• Records for this exercise
━━━
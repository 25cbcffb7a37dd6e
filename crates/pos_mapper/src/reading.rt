//! What places of the view mean, read from its nodes.
ghost use Rattle.std.specs.Prelude.{◌≡◌, ◌<◌, ◌≤◌, ◌+◌, ◌^◌, ◌++◌, [], ◌∷◌, length, IfSome, option_map, option_and_then, option_copied};
ghost use Rattle.view_tree.specs.Kinds.{kind_of};
ghost use Rattle.downcast_definitions.specs.Meant.{by_kind};
ghost use Rattle.pos_mapper.specs.Reading.{slots_in, only_number, between_nodes, in_text, content_of, in_slot, in_node, in_nodes, read, reads, read_step};

use crate::lengths::{before_node, kind_of, sum};
use crate::parts::Slot;
use crate::table::Table;
use ck_base::path::Path;
use view_tree::kind::ElementKind;
use view_tree::node::{Detached, ViewNumber};

/// What stays the same while a place is read: which view element has which slot, and the offset at the place's end.
#[derive(Clone, Copy)]
pub struct Reader<'a> {
    pub table: &'a Table,
    pub last: u64,
}

/// An element of the view: its number, if it has one, and its children.
#[derive(Clone, Copy)]
struct Element<'a> {
    number: Option<ViewNumber>,
    children: &'a [Detached],
}

/// The way from a list of nodes to a slot, the last index of which is where the content begins, and how many nodes stand behind the content.
#[derive(Clone, Copy)]
struct Way<'a> {
    steps: &'a [u64],
    behind: u64,
}

/// A position so far, with its last number.
fn with_last(made: Path, offset: Option<u32>) -> Option<Path>
    requires { length made ≤ 64 }
    ensures some { IfSome result (λ path. 0 < length path) }
    ensures position { result ≡ option_map (λ position. made ++ position) (only_number offset) }
{
    let mut made = made;
    match offset {
        Some(offset) => {
            made.push(offset);
            Some(made)
        }
        None => None,
    }
}

/// The position that a place between nodes means, before which so many items are shown.
fn between_nodes(nodes: &[Detached], offset: u32, index: u64, made: Path) -> Option<Path>
    requires { length made ≤ 64 }
    ensures some { IfSome result (λ path. 0 < length path) }
    ensures position { result ≡ option_map (λ position. made ++ position) (between_nodes offset nodes.now index) }
{
    let index = index as usize;
    if index <= nodes.len() {
        with_last(made, before_node(offset, index, nodes))
    } else {
        None
    }
}

/// The position that a place in a text means.
fn in_text(scalars: &[char], offset: u32, path: &[u64], last: u64, made: Path) -> Option<Path>
    requires { length made ≤ 64 }
    ensures some { IfSome result (λ path. 0 < length path) }
    ensures position { result ≡ option_map (λ position. made ++ position) (in_text offset (length scalars.now) path.now last) }
{
    match path.split_first() {
        None => {
            if last <= scalars.len() as u64 {
                with_last(made, sum(offset, last))
            } else {
                None
            }
        }
        Some(_) => None,
    }
}

/// The nodes of a list from a base on, but for so many behind them.
pub fn content_of(nodes: &[Detached], base: u64, behind: u64) -> &[Detached]
    ensures content { result.now ≡ content_of base behind nodes.now }
    ensures small { base + length result.now < 2 ^ 64 }
{
    let count = nodes.len() as u64;
    if base > count {
        return &nodes[nodes.len()..];
    }
    if behind > count - base {
        return &nodes[nodes.len()..];
    }
    &nodes[base as usize..(count - behind) as usize]
}

/// The slot of the view element with a number, if it has one.
pub fn slot_of(table: &Table, number: Option<ViewNumber>) -> Option<&Slot>
    ensures { option_copied result ≡ option_and_then (slots_in table.now) number }
{
    let Some(number) = number else {
        return None;
    };
    match table.of_number(number.value()) {
        Some(binding) => binding.slot(),
        None => None,
    }
}

/// The position that a place in these nodes means.
#[cycle(reads)]
pub fn read_nodes(
    reader: &Reader<'_>,
    nodes: &[Detached],
    offset: u32,
    path: &[u64],
    made: Path,
) -> Option<Path>
    requires { length made ≤ 64 }
    ensures some { IfSome result (λ path. 0 < length path) }
    ensures position { result ≡ option_map (λ position. made ++ position)
        (read (slots_in reader.now.table.now) (length made) [] 0 offset nodes.now path.now reader.now.last) }
{
    match path.split_first() {
        None => between_nodes(nodes, offset, reader.last, made),
        Some((index, rest)) => read_at(reader, nodes, *index, offset, rest, made),
    }
}

/// The position that a place means whose first index is this, among these nodes.
#[cycle(reads)]
fn read_at(
    reader: &Reader<'_>,
    nodes: &[Detached],
    index: u64,
    offset: u32,
    path: &[u64],
    made: Path,
) -> Option<Path>
    requires { length made ≤ 64 }
    ensures some { IfSome result (λ path. 0 < length path) }
    ensures position { result ≡ option_map (λ position. made ++ position) (in_nodes (slots_in reader.now.table.now)
        (reads (slots_in reader.now.table.now) path.now reader.now.last) (length made) path.now reader.now.last offset nodes.now index) }
{
    let index = index as usize;
    let Some(node) = nodes.get(index) else {
        return None;
    };
    match before_node(offset, index, nodes) {
        Some(before) => read_node(reader, node, before, path, made),
        None => None,
    }
}

/// The position that a place in a node means.
#[cycle(reads)]
#[tactic(auto, using(crate::proofs::Nodes::in_element, crate::proofs::Nodes::in_a_text))]
fn read_node(
    reader: &Reader<'_>,
    node: &Detached,
    offset: u32,
    path: &[u64],
    made: Path,
) -> Option<Path>
    requires { length made ≤ 64 }
    ensures some { IfSome result (λ path. 0 < length path) }
    ensures position { result ≡ option_map (λ position. made ++ position) (in_node (slots_in reader.now.table.now)
        (reads (slots_in reader.now.table.now) path.now reader.now.last) (length made) path.now reader.now.last offset node.now) }
{
    if let Some(text) = node.text() {
        return in_text(text.scalars(), offset, path, reader.last, made);
    }
    let Some(kind) = kind_of(node) else {
        return None;
    };
    let Some(children) = node.children() else {
        return None;
    };
    let element = Element {
        number: node.number(),
        children: children.as_slice(),
    };
    read_element(reader, kind, &element, offset, path, made)
}

/// The position that a place in an element of this kind means.
#[cycle(reads)]
fn read_element(
    reader: &Reader<'_>,
    kind: &ElementKind,
    element: &Element<'_>,
    offset: u32,
    path: &[u64],
    made: Path,
) -> Option<Path>
    requires { length made ≤ 64 }
    ensures some { IfSome result (λ path. 0 < length path) }
    ensures position { result ≡ option_map (λ position. made ++ position)
        (by_kind (kind_of kind.now) (read (slots_in reader.now.table.now) (length made) [] 0 offset element.now.children.now path.now reader.now.last)
        (in_slot (reads (slots_in reader.now.table.now) path.now reader.now.last) (length made) offset element.now.children.now
        (option_and_then (slots_in reader.now.table.now) element.now.number))) }
{
    match kind {
        ElementKind::Container => read_inside(reader, element, offset, path, made),
        ElementKind::Attribute { .. } => read_nodes(reader, element.children, offset, path, made),
        ElementKind::Empty => read_inside(reader, element, offset, path, made),
        ElementKind::Ui => None,
    }
}

/// The position that a place in a view element means which shows an element of the document.
#[cycle(reads)]
#[tactic(auto, using(crate::proofs::Nodes::one_deeper))]
fn read_inside(
    reader: &Reader<'_>,
    element: &Element<'_>,
    offset: u32,
    path: &[u64],
    made: Path,
) -> Option<Path>
    requires { length made ≤ 64 }
    ensures some { IfSome result (λ path. 0 < length path) }
    ensures position { result ≡ option_map (λ position. made ++ position) (in_slot (reads (slots_in reader.now.table.now) path.now reader.now.last)
        (length made) offset element.now.children.now (option_and_then (slots_in reader.now.table.now) element.now.number)) }
{
    let Some(slot) = slot_of(reader.table, element.number) else {
        return None;
    };
    if made.len() >= 64 {
        return None;
    }
    let mut made = made;
    made.push(offset);
    let way = Way {
        steps: slot.place.as_slice(),
        behind: slot.behind,
    };
    read_slot(reader, element.children, &way, path, made)
}

/// The position that a place in an element means, from whose children this way leads to the slot.
#[cycle(reads)]
#[tactic(auto, using(crate::proofs::Nodes::no_way))]
fn read_slot(
    reader: &Reader<'_>,
    nodes: &[Detached],
    way: &Way<'_>,
    path: &[u64],
    made: Path,
) -> Option<Path>
    requires { length made ≤ 64 }
    ensures some { IfSome result (λ path. 0 < length path) }
    ensures position { result ≡ option_map (λ position. made ++ position)
        (read (slots_in reader.now.table.now) (length made) way.now.steps.now way.now.behind 0 nodes.now path.now reader.now.last) }
{
    let behind = way.behind;
    match way.steps.split_first() {
        None => read_nodes(reader, nodes, 0, path, made),
        Some((first, steps)) => match steps.split_first() {
            None => read_content(reader, nodes, *first, behind, path, made),
            Some(_) => read_step(reader, nodes, *first, &Way { steps, behind }, path, made),
        },
    }
}

/// The position that a place in a list means in which the content begins at a base.
#[cycle(reads)]
fn read_content(
    reader: &Reader<'_>,
    nodes: &[Detached],
    base: u64,
    behind: u64,
    path: &[u64],
    made: Path,
) -> Option<Path>
    requires { length made ≤ 64 }
    ensures some { IfSome result (λ path. 0 < length path) }
    ensures position { result ≡ option_map (λ position. made ++ position)
        (read (slots_in reader.now.table.now) (length made) (base ∷ []) behind 0 nodes.now path.now reader.now.last) }
{
    let content = content_of(nodes, base, behind);
    let last = reader.last;
    match path.split_first() {
        None => {
            if base <= last {
                between_nodes(content, 0, last - base, made)
            } else {
                None
            }
        }
        Some((index, rest)) => {
            if base <= *index {
                read_at(reader, content, *index - base, 0, rest, made)
            } else {
                None
            }
        }
    }
}

/// The position that a place means whose first index is this step on the way.
#[cycle(reads)]
fn read_step(
    reader: &Reader<'_>,
    nodes: &[Detached],
    step: u64,
    way: &Way<'_>,
    path: &[u64],
    made: Path,
) -> Option<Path>
    requires { length made ≤ 64 }
    ensures some { IfSome result (λ path. 0 < length path) }
    ensures position { result ≡ option_map (λ position. made ++ position)
        (read_step (slots_in reader.now.table.now) (length made) step way.now.steps.now way.now.behind nodes.now path.now reader.now.last) }
{
    let Some((index, rest)) = path.split_first() else {
        return None;
    };
    if step != *index {
        return None;
    }
    let Some(node) = nodes.get(*index as usize) else {
        return None;
    };
    match node.children() {
        Some(children) => read_slot(reader, children.as_slice(), way, rest, made),
        None => None,
    }
}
━━━
• Task to carry out
Of all the entries above, output exactly the lines between the one holding "let Some(slot) = slot_of(reader.table, element.number)" and the one holding "Some((first, steps)) =>", inclusive.

• Output
    let Some(slot) = slot_of(reader.table, element.number) else {
        return None;
    };
    if made.len() >= 64 {
        return None;
    }
    let mut made = made;
    made.push(offset);
    let way = Way {
        steps: slot.place.as_slice(),
        behind: slot.behind,
    };
    read_slot(reader, element.children, &way, path, made)
}

/// The position that a place in an element means, from whose children this way leads to the slot.
#[cycle(reads)]
#[tactic(auto, using(crate::proofs::Nodes::no_way))]
fn read_slot(
    reader: &Reader<'_>,
    nodes: &[Detached],
    way: &Way<'_>,
    path: &[u64],
    made: Path,
) -> Option<Path>
    requires { length made ≤ 64 }
    ensures some { IfSome result (λ path. 0 < length path) }
    ensures position { result ≡ option_map (λ position. made ++ position)
        (read (slots_in reader.now.table.now) (length made) way.now.steps.now way.now.behind 0 nodes.now path.now reader.now.last) }
{
    let behind = way.behind;
    match way.steps.split_first() {
        None => read_nodes(reader, nodes, 0, path, made),
        Some((first, steps)) => match steps.split_first() {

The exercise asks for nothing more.